▸ Task prompt: Among the records that follow, set down only the lines from the one containing "are equal, copying." to the one containing "fn same_eight(a: &[u8], here: usize, b: &[u8], there: usize)", both included, exactly.

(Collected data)
········

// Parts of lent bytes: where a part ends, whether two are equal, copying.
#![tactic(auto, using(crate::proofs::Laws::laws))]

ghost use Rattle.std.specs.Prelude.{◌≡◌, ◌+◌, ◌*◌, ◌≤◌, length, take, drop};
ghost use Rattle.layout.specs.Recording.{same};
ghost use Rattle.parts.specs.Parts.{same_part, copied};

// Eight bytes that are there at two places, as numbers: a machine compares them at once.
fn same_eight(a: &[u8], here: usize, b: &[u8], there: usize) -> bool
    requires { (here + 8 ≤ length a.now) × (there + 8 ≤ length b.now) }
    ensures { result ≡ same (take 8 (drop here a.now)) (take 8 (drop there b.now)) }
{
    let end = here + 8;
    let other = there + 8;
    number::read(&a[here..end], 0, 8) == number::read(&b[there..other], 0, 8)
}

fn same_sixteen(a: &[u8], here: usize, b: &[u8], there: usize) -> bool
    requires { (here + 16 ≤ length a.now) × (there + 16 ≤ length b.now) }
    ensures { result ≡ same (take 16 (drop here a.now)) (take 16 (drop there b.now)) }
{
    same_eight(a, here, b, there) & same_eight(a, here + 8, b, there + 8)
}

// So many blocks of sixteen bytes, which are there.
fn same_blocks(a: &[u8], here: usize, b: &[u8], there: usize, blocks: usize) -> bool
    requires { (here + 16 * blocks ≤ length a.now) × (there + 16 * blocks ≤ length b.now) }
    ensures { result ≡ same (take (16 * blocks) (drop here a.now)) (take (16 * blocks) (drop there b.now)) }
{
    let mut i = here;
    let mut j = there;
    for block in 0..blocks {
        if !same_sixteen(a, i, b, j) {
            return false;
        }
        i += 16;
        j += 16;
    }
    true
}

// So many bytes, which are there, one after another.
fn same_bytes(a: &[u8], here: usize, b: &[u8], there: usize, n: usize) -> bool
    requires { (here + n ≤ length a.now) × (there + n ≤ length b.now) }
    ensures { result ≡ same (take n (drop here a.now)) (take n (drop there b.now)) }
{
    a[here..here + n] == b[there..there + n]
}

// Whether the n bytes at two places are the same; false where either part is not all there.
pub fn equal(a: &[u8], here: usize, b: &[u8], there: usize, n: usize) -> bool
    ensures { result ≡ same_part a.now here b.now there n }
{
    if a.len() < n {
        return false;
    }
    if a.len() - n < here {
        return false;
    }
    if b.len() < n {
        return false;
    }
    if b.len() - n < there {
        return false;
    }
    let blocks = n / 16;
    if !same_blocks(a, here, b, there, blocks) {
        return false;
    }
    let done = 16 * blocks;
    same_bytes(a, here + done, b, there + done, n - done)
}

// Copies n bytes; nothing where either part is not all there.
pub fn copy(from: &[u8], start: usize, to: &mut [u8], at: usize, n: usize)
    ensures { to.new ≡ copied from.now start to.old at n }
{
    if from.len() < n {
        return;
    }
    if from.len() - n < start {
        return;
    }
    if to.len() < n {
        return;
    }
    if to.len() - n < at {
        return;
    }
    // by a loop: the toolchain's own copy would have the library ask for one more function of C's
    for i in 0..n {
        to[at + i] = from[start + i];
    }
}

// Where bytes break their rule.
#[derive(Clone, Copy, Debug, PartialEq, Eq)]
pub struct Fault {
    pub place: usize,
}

········

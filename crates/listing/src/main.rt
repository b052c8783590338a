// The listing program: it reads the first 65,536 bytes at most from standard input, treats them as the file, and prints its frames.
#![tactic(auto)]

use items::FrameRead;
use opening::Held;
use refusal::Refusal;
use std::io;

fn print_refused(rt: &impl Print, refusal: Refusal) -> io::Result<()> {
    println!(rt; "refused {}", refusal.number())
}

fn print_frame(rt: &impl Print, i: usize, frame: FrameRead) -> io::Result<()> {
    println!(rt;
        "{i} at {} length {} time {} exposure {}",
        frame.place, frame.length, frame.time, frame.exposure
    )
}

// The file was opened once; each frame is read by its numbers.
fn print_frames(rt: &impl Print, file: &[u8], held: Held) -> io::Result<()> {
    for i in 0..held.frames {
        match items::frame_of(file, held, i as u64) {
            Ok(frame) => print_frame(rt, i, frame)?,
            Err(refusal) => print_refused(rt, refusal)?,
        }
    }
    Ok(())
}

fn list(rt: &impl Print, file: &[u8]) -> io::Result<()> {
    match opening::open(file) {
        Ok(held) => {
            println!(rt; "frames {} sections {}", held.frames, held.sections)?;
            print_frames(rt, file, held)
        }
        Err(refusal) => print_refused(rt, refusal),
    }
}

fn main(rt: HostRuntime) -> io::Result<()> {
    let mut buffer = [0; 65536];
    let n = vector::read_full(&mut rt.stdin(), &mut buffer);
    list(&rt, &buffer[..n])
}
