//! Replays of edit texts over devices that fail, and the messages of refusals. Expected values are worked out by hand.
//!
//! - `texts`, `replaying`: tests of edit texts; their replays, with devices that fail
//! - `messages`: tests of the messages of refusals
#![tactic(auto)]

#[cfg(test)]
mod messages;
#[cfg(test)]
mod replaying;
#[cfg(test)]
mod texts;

········

▸ Result of the task:
// Parts of lent bytes: where a part ends, whether two are equal, copying.
#![tactic(auto, using(crate::proofs::Laws::laws))]

ghost use Rattle.std.specs.Prelude.{◌≡◌, ◌+◌, ◌*◌, ◌≤◌, length, take, drop};
ghost use Rattle.layout.specs.Recording.{same};
ghost use Rattle.parts.specs.Parts.{same_part, copied};

// Eight bytes that are there at two places, as numbers: a machine compares them at once.
fn same_eight(a: &[u8], here: usize, b: &[u8], there: usize) -> bool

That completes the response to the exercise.